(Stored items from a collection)
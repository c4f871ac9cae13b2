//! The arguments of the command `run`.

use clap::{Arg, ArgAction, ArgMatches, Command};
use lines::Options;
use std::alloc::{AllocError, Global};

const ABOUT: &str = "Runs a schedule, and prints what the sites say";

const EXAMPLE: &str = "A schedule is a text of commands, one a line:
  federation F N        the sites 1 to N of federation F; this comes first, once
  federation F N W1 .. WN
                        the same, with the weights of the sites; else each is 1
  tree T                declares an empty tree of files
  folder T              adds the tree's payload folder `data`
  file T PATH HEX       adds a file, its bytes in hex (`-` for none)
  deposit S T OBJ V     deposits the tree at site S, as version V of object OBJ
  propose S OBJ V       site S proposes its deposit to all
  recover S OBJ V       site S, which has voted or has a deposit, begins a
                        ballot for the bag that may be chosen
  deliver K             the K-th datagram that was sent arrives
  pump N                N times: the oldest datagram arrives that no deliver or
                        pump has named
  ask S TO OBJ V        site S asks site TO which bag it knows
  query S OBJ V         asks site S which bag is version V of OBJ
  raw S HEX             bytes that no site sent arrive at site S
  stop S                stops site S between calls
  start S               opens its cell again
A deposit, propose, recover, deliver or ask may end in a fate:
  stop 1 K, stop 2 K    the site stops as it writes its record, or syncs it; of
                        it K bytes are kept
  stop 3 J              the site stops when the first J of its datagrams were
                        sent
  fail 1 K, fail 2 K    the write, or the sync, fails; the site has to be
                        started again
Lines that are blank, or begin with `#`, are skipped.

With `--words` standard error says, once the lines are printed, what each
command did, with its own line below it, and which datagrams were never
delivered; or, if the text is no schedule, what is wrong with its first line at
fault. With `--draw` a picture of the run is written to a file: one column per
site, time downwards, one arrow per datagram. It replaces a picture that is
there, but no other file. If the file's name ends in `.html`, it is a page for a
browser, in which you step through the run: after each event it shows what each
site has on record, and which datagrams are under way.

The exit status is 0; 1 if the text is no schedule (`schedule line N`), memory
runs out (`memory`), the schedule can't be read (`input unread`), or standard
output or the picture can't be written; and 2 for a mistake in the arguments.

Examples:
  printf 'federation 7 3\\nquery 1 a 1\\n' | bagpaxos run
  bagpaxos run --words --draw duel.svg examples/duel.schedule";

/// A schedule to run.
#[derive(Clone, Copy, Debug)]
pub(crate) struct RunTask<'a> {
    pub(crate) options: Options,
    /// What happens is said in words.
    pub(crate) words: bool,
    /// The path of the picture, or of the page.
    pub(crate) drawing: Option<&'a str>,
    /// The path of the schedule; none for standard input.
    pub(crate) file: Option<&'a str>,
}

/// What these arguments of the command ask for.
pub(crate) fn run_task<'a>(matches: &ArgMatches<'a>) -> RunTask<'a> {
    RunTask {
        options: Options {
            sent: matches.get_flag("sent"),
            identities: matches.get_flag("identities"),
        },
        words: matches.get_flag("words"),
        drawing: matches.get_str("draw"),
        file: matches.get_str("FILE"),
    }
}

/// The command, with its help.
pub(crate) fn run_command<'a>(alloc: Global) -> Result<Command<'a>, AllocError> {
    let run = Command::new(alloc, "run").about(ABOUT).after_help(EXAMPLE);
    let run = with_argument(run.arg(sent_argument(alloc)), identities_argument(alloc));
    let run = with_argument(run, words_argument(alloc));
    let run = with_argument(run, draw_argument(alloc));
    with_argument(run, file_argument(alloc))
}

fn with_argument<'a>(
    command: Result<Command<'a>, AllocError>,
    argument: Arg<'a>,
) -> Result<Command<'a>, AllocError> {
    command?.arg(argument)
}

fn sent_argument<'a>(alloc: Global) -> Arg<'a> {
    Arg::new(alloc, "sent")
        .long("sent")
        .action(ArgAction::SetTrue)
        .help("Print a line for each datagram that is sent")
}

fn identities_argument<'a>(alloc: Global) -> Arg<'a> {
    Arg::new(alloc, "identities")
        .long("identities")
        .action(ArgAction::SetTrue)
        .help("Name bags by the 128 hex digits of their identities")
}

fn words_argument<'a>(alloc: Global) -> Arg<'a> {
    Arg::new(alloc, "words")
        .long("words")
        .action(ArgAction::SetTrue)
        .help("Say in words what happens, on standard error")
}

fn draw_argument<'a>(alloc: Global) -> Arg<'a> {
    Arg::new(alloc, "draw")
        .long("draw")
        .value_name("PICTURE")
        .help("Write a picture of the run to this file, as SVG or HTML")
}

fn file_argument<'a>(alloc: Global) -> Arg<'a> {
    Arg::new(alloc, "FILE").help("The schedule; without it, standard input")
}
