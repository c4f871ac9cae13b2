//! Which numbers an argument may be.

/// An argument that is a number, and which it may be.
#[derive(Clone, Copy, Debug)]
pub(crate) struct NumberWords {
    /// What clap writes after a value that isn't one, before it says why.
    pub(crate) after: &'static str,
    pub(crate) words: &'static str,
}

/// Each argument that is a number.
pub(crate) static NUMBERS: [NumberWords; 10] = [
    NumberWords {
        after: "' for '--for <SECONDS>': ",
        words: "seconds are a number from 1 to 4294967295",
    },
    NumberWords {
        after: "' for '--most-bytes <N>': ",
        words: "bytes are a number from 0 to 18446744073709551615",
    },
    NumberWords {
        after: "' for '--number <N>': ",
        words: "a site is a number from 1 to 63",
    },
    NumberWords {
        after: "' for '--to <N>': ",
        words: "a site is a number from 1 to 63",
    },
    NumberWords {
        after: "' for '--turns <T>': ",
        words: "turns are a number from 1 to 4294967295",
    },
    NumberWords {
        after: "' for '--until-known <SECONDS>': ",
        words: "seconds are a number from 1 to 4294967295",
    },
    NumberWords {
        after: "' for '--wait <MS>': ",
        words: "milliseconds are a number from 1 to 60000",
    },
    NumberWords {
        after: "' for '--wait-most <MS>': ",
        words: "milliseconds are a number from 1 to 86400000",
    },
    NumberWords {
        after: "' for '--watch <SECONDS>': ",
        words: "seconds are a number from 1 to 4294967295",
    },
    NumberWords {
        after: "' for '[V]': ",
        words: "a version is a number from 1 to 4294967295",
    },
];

--

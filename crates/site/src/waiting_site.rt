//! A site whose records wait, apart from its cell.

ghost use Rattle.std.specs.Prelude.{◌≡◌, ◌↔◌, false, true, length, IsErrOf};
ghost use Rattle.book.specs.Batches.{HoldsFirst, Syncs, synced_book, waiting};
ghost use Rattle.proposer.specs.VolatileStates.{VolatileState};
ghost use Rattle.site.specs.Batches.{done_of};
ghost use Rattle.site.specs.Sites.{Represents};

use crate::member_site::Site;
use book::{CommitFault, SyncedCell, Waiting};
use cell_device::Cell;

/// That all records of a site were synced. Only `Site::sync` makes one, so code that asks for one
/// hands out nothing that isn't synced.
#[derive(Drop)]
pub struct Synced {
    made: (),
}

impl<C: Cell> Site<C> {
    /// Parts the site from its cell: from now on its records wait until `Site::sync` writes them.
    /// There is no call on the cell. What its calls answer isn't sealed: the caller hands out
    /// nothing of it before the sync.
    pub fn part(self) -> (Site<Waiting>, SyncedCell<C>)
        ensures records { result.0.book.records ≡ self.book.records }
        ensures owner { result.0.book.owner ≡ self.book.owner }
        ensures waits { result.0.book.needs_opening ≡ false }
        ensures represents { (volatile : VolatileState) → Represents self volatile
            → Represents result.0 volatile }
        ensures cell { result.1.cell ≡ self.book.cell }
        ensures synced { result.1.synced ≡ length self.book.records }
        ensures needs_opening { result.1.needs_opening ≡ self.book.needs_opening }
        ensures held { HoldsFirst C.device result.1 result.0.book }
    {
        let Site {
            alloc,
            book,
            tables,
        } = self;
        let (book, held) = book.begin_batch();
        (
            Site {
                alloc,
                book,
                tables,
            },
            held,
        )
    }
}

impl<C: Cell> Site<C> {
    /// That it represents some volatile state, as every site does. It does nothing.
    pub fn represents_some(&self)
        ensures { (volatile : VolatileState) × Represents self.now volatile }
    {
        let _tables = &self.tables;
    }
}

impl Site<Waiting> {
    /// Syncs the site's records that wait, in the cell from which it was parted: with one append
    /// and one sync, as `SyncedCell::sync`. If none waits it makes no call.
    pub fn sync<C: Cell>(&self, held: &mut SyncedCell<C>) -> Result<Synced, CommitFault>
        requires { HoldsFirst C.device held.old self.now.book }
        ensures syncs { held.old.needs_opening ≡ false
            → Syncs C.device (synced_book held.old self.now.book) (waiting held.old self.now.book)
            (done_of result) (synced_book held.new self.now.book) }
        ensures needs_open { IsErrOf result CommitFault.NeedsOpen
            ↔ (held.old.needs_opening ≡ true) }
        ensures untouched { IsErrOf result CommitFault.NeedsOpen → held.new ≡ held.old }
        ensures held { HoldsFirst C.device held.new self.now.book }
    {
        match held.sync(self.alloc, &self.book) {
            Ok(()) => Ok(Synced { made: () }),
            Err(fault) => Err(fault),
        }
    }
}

==

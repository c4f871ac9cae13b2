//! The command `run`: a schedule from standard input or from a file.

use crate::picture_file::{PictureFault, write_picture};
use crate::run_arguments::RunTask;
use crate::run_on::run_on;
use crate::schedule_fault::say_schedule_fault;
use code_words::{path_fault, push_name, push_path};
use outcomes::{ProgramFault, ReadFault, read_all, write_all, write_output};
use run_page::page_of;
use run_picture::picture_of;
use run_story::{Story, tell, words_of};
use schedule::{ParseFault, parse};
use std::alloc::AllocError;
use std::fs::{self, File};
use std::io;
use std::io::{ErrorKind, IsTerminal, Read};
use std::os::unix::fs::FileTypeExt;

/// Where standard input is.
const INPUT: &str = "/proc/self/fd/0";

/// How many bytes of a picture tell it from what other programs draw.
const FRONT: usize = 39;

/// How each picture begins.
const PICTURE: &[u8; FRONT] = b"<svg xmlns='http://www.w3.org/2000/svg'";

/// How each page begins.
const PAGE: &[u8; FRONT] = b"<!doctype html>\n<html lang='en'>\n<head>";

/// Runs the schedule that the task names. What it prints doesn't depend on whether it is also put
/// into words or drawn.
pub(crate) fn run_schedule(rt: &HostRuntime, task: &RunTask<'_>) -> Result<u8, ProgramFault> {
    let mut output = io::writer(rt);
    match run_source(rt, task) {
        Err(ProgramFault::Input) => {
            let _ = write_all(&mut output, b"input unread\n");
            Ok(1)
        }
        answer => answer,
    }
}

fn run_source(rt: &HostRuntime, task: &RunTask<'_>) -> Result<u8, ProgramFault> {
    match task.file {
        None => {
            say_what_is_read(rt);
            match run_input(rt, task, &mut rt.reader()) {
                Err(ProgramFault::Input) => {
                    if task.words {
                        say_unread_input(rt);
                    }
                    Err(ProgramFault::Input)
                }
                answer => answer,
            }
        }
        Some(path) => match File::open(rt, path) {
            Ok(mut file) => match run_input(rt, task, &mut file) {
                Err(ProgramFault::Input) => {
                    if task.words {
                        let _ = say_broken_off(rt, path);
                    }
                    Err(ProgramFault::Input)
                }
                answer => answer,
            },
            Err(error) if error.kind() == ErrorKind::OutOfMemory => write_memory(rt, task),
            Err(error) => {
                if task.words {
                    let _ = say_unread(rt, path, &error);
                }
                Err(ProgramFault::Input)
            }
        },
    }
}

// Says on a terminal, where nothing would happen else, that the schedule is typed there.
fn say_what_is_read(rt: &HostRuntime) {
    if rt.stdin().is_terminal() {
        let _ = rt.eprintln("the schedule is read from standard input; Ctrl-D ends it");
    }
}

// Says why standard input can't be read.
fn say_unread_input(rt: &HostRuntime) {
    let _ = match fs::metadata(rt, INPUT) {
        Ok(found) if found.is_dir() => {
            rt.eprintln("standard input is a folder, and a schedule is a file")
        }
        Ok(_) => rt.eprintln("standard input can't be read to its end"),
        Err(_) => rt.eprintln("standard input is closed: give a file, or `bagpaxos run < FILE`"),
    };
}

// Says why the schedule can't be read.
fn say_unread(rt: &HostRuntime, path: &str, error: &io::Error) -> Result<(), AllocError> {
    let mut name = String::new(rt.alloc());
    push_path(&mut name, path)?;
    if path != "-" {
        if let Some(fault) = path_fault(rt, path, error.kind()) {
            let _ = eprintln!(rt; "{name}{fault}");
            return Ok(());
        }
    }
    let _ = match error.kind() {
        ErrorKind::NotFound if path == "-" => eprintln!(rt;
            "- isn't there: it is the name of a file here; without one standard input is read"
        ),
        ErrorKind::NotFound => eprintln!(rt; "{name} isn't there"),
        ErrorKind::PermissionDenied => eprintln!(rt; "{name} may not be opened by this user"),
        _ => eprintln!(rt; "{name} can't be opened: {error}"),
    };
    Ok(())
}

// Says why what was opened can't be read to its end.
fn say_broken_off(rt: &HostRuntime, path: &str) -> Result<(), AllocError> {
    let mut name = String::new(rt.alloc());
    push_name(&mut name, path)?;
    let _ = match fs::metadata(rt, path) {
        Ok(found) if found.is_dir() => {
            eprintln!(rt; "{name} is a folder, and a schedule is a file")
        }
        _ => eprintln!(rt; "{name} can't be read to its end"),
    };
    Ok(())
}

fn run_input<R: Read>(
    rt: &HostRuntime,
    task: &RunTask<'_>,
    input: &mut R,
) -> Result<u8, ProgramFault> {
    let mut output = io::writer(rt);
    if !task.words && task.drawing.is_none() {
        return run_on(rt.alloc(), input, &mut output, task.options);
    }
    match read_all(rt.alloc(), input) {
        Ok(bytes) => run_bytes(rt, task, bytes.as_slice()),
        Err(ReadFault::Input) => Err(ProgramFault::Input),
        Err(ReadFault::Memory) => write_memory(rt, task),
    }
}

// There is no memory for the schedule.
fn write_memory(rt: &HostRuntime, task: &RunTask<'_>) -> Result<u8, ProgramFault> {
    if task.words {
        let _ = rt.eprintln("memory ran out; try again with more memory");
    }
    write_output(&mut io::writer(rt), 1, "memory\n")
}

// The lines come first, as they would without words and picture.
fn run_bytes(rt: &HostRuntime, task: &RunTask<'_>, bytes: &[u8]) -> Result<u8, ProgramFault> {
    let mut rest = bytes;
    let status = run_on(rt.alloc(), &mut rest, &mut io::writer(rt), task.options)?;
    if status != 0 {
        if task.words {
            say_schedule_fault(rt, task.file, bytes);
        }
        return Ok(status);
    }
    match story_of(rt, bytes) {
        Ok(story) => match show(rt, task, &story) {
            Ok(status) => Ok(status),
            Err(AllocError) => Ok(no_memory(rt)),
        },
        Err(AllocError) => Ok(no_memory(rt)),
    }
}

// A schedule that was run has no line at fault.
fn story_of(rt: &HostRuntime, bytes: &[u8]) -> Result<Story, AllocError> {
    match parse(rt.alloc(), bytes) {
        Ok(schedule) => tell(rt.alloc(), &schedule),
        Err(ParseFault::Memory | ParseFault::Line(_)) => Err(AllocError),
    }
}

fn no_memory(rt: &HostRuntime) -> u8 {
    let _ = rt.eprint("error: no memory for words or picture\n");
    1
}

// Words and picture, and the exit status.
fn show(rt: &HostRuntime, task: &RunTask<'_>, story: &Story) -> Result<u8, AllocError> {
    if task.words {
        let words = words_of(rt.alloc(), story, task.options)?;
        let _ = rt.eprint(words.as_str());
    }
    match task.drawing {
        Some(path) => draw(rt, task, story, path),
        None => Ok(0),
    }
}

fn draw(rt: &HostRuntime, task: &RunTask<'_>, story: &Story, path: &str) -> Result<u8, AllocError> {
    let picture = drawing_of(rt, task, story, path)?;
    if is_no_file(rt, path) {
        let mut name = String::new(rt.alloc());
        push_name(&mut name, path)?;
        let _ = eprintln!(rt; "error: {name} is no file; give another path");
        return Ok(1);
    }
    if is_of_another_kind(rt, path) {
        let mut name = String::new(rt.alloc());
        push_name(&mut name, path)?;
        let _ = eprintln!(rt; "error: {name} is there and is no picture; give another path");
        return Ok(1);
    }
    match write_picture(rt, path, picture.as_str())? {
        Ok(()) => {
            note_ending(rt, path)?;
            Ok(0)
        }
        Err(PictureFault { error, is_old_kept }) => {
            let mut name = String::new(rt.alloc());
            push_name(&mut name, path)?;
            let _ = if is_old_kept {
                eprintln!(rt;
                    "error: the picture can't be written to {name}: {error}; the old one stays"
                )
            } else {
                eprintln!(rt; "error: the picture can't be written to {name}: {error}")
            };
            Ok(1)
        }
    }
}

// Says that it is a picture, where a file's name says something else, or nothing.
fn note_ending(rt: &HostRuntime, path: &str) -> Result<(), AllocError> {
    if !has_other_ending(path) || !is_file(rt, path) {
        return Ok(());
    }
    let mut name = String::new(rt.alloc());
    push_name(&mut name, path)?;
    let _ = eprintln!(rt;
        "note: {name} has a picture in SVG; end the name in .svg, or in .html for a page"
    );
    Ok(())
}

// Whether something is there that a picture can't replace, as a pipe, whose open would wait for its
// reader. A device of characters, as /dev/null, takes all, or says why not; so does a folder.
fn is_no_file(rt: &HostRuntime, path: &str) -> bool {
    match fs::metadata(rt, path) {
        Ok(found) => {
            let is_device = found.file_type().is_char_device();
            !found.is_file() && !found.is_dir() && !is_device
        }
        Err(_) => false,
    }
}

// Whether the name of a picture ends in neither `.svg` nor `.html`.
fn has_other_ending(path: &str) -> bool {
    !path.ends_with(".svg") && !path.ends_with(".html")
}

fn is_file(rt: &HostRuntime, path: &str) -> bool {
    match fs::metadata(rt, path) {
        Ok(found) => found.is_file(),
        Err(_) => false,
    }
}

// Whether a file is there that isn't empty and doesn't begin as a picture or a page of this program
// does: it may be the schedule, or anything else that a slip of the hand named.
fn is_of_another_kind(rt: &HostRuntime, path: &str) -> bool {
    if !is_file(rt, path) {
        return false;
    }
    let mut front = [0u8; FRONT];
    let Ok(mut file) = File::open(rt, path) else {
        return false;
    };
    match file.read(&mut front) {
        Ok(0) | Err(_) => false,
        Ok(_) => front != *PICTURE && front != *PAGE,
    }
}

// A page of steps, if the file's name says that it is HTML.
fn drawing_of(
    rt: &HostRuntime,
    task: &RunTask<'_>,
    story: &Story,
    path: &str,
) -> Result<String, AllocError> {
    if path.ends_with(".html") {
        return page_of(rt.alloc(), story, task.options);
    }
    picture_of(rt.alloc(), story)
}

__WHAT TO PRODUCE__: Could you restate word for word the lines above from the one containing "Lines that are" through the one containing "delivered; or, if", both included, and nothing else?

__RESULT__:
Lines that are blank, or begin with `#`, are skipped.

With `--words` standard error says, once the lines are printed, what each
command did, with its own line below it, and which datagrams were never
delivered; or, if the text is no schedule, what is wrong with its first line at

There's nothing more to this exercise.